## Exercise objective
Beginning with the opening line, set down each line of the material below exactly, stopping once the line with "use crate::nth::nth;" is done.

## Provided records
=== Section Start ===

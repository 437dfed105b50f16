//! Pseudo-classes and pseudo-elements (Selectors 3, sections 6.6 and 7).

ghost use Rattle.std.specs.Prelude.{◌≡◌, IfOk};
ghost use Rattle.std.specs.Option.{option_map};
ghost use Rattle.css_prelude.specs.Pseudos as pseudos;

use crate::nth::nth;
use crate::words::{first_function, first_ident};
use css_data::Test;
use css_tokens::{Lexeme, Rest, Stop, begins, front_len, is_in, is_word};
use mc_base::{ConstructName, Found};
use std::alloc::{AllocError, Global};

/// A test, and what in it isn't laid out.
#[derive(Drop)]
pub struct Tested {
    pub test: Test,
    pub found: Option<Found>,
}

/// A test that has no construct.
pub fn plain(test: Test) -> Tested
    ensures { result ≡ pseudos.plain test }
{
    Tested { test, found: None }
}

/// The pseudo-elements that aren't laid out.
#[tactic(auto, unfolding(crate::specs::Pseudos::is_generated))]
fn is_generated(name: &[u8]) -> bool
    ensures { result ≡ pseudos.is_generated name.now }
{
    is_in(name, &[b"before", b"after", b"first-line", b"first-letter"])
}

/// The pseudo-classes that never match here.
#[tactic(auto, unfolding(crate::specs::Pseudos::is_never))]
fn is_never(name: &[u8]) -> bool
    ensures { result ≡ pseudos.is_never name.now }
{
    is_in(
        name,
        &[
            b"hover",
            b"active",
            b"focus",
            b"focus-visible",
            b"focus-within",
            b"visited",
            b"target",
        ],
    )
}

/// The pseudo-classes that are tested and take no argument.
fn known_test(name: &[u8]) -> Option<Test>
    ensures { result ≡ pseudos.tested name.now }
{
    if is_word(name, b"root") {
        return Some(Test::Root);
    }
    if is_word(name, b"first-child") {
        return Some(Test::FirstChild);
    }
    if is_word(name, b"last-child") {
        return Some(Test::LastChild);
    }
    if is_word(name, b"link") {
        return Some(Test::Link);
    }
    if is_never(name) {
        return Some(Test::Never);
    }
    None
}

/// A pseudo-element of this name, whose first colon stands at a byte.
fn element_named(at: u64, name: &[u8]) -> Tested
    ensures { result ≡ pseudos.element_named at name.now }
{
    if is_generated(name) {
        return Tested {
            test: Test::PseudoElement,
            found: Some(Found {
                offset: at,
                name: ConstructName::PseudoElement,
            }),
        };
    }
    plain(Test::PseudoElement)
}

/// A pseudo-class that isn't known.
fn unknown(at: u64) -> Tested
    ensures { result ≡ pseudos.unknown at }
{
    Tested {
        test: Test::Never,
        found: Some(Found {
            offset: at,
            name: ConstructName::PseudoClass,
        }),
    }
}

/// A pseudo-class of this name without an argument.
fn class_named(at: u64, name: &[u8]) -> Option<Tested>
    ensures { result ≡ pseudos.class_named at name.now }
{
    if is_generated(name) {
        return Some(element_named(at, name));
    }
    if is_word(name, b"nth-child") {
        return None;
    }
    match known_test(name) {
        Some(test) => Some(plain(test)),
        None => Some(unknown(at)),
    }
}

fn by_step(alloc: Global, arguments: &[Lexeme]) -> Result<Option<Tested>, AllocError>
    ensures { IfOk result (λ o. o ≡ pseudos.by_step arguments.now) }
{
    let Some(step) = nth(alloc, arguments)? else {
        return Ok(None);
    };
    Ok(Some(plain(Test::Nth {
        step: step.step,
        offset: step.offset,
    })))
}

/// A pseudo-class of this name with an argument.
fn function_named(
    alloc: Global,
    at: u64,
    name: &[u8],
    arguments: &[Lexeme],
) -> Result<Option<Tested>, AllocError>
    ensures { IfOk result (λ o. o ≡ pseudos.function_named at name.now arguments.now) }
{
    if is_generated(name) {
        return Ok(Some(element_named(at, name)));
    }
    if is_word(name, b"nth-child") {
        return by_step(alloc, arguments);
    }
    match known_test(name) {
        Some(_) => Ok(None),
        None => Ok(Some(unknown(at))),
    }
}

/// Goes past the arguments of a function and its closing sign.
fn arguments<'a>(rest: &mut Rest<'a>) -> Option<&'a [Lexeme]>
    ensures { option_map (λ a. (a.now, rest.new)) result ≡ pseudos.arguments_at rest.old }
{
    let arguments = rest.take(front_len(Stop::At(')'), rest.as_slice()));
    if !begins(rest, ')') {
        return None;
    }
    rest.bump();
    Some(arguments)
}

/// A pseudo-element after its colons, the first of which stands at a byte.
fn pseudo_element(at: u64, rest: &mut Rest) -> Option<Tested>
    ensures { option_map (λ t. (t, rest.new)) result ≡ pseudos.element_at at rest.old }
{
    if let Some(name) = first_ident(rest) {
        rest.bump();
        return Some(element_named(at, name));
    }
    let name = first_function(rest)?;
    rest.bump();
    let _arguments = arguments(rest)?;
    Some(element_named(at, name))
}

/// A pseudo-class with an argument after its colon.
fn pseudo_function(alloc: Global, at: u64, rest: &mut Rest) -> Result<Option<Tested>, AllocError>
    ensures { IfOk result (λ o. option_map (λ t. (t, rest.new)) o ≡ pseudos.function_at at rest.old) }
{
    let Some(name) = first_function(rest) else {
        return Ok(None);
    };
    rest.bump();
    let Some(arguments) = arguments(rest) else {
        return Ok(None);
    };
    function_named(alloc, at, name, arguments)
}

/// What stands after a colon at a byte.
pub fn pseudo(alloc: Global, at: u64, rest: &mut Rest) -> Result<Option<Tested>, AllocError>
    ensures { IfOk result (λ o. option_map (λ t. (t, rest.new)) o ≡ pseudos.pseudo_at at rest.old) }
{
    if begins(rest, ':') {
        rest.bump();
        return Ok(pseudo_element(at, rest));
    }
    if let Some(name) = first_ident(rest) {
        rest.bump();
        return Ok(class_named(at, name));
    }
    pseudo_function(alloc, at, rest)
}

=== Section End ===

## Task solution
repository 437dfed105b50f16
//! Pseudo-classes and pseudo-elements (Selectors 3, sections 6.6 and 7).

ghost use Rattle.std.specs.Prelude.{◌≡◌, IfOk};
ghost use Rattle.std.specs.Option.{option_map};
ghost use Rattle.css_prelude.specs.Pseudos as pseudos;

use crate::nth::nth;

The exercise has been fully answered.